Dünyanın neresine giderseniz gidin, gördüğünüz Pakistanlı, sizi
büyük bir sevgi ve kardeşlik duyguları ile kucaklar, muhabbetini
hissettirir.
15 Temmuz kanlı darbe girişimi sonucunda FETÖ terör örgütüne
karşı en kesin ve net tepki veren, derhal okullarını kapatıp Maarif
Vakfı’na devreden ve tüm FETÖ mensuplarını terörist olarak
tanımlayan ülke de Pakistan olmuştur.
15 Temmuz Kanlı Darbe girişiminin dünyaya anlatılması, asil
milletimizin bu haklı davasının daha iyi duyurulması için yurt
içinde ve yurt dışında pek çok faaliyet gerçekleştiriliyor. Bu
çerçevede ülkemizin yüz akı kurumlarından biri olan Yunus Emre
Enstitümüzden Pakistan Lahor’da 15 Temmuz’un konuşulacağı bir
toplantıya davet aldım. Temmuz ayı Lahor’un yazları zaten çok sıcak
olan ikliminde ekstra bir sıcaklık demek. Gündem çok önemli ve
milli bir mesele olduğu için katıldım.
Burada Yunus Emre Enstitüsü’nün çok kıymetli Başkanı Prof. Dr.
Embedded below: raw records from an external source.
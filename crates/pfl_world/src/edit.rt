//! Changes of the pair, each of one place.

ghost use Rattle.std.specs.Prelude.{◌≡◌, IfOk};

use crate::restart_edit::RestartEdit;
use pfl_base::NodeId;
use pfl_edits::{Change, Copied, NoMemory, OfPart, Tape};
use pfl_link::LinkEdit;
use pfl_node::NodeEdit;
use std::alloc::Allocator;

/// A change of one place of the pair.
#[derive(Drop)]
pub enum WorldEdit<A: Allocator> {
    /// Of a node.
    OfNode(NodeId, NodeEdit),
    /// Of the link.
    OfLink(LinkEdit<A>),
    /// Of a node that began anew, and the next boot.
    OfRestart(RestartEdit<A>),
}

impl<A: Allocator + Copy> Copied for WorldEdit<A> {
    #[inline]
    fn copied(&self) -> Result<WorldEdit<A>, NoMemory> {
        match self {
            WorldEdit::OfNode(node, edit) => Ok(WorldEdit::OfNode(*node, *edit)),
            WorldEdit::OfLink(edit) => Ok(WorldEdit::OfLink(edit.copy()?)),
            WorldEdit::OfRestart(edit) => Ok(WorldEdit::OfRestart(edit.copy()?)),
        }
    }
}

/// An edit of a node is recorded with the node's name.
impl<A: Allocator> OfPart<NodeEdit> for WorldEdit<A> {
    ghost use Rattle.pfl_world.specs.declared.edit.WorldEdit.TheVariants.{OfNode};

    type Part = NodeId;

    ghost of = { λ id edit. OfNode id edit };

    fn of_part(node: NodeId, edit: NodeEdit) -> WorldEdit<A> {
        WorldEdit::OfNode(node, edit)
    }
}

/// What an event changed, by which it can be taken back.
pub type WorldChange<A> = Change<WorldEdit<A>, A>;

/// What many events changed, one after another, by which the newest can be taken back.
pub type WorldTape<A> = Tape<WorldEdit<A>, A>;
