//! An event happens to the pair, and its edits go onto a tape.

ghost use Rattle.std.specs.Prelude.{◌≡◌, ◌+◌, ◌≤◌, Ok, IfOk, IfErr, OnOk, OnErr, length};
ghost use Rattle.std.specs.List.{AllByRecursion};
ghost use Rattle.pfl_edits.specs.Changes.{Fits, back};
ghost use Rattle.pfl_edits.specs.Tapes.{above, below};
ghost use Rattle.pfl_world.specs.Events.{step, IsEventRefusal};
ghost use Rattle.pfl_world.specs.Values.{MayHold};
ghost use Rattle.pfl_world.specs.Weights.{weight};
ghost use Rattle.pfl_world.specs.WorldEdits.{Finds, put_back};
ghost use Rattle.pfl_world.specs.Worlds.{IsWorld};

use crate::edit::WorldTape;
use crate::world::World;
use pfl_base::Refusal;
use pfl_language::{Event, Outcome};
use std::alloc::Allocator;

impl<A: Allocator + Copy> World<A> {
    /// Lets an event happen, returns its outcome, and appends what it changed to the tape. Where the event is refused the tape
    /// keeps its edits, and at most gains room.
    pub fn apply_on(&mut self, event: &Event, tape: &mut WorldTape<A>) -> Result<Outcome, Refusal>
        ensures refused { IfErr result (IsEventRefusal self.old event.now) }
        ensures unchanged { OnErr result (self.new ≡ self.old) }
        ensures untaped { OnErr result (tape.new.list ≡ tape.old.list) }
        ensures step { IfOk result (λ outcome. step self.old event.now ≡ Ok (record { world = self.new; outcome = outcome })) }
        ensures taped { below (length tape.old.list) tape.new.list ≡ tape.old.list }
        ensures fits { OnOk result (Fits Finds IsWorld put_back (above (length tape.old.list) tape.new.list) self.new) }
        ensures back { OnOk result (back put_back (above (length tape.old.list) tape.new.list) self.new ≡ self.old) }
        ensures weight { OnOk result (length (above (length tape.old.list) tape.new.list) ≤ weight self.old event.now) }
        ensures small { OnOk result (AllByRecursion (MayHold event.now) (above (length tape.old.list) tape.new.list)) }
        ensures room { tape.old.spare + length tape.old.list ≤ tape.new.spare + length tape.new.list }
    {
        self.apply_to(event, tape)
    }
}
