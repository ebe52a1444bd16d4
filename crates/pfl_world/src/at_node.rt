//! What happens at one node by itself.

ghost use Rattle.std.specs.Prelude.{◌≡◌, ◌≤◌, ◌+◌, Ok, IfOk, IfErr, OnOk, OnErr, length};
ghost use Rattle.pfl_node.specs.Stepping.{node_weight};
ghost use Rattle.pfl_world.specs.Events.{IsRefusalOf};
ghost use Rattle.pfl_world.specs.AtNodes.{node_event};
ghost use Rattle.pfl_world.specs.Values.{HoldsLittle};
ghost use Rattle.pfl_world.specs.inner.Recording.{Recorded};
ghost use Rattle.pfl_world.specs.Worlds.{node_at};

use crate::edit::WorldEdit;
use crate::world::World;
use pfl_base::{NodeId, Refusal};
use pfl_edits::Recorder;
use pfl_language::{NodeEvent, Outcome};
use std::alloc::Allocator;

impl<A: Allocator + Copy> World<A> {
    /// Lets an event happen at the node of the name.
    pub(crate) fn at_node<R: Recorder<WorldEdit<A>>>(
        &mut self,
        node: NodeId,
        event: &NodeEvent,
        to: &mut R,
    ) -> Result<Outcome, Refusal>
        ensures refused { IfErr result (IsRefusalOf (node_event self.old node event.now)) }
        ensures unchanged { OnErr result (self.new ≡ self.old) }
        ensures unrecorded { OnErr result (R.list to.new ≡ R.list to.old) }
        ensures step { IfOk result (λ outcome. node_event self.old node event.now ≡ Ok (record { world = self.new; outcome = outcome })) }
        ensures recorded { OnOk result (Recorded HoldsLittle self.old self.new (R.list to.old) (R.list to.new)) }
        ensures few { OnOk result (length (R.list to.new) ≤ length (R.list to.old) + node_weight (node_at self.old node) event.now) }
        ensures room { R.spare to.old + length (R.list to.old) ≤ R.spare to.new + length (R.list to.new) }
    {
        self.known();
        let outcome = self.nodes.at_mut(node).step_on(event, node, to)?;
        Ok(Outcome::At(outcome))
    }
}
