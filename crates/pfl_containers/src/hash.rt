//! Hashes of keys.
//!
//! A hash is good where keys that differ in any bit mostly differ in its upper half, of which the tag of an index is made. Such a
//! hash is no secret: who chooses the keys can choose many of one hash, and a search among these takes a step for each.
ghost use Rattle.std.specs.Prelude.{◌≡◌};
ghost use Rattle.pfl_containers.specs.Hashes.{mixed};

/// What a hash is multiplied by: an odd number whose bits show no pattern.
pub const MULTIPLIER: u64 = 0x9e37_79b9_7f4a_7c15;

/// A hash with one more word in it: the halves of their product, laid over each other.
pub fn mix(hash: u64, word: u64) -> u64
    ensures mixed { result ≡ mixed hash word }
{
    let product = (hash ^ word) as u128 * MULTIPLIER as u128;
    (product % (1 << 64)) as u64 ^ (product >> 64) as u64
}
Şeref Ateş’e, Lahor Kültür Merkezi Müdürü Ulaş Ertaş’a, Lahor
Başkonsolosumuz Emir Özbay’a müteşekkirim. Gerçekten çok güzel bir
ev sahipliği yaptılar, faaliyete ilgi ise oldukça üst düzeyde
idi.
Hafız ve eğitimci Şahabettin Dalar kardeşimizin şehitlerimizin
ruhu için okuduğu nefis kuran tilaveti ile açılan toplantı büyük
ilgi gördü. Başkonsolosumuzun, benim ve Pencap Eyaleti Kültür ve
Eğitim Bakanı’nın konuşmaları katılımcılarca ilgi ile dinlendi,
gazete ve televizyonlarda haber olarak yer buldu.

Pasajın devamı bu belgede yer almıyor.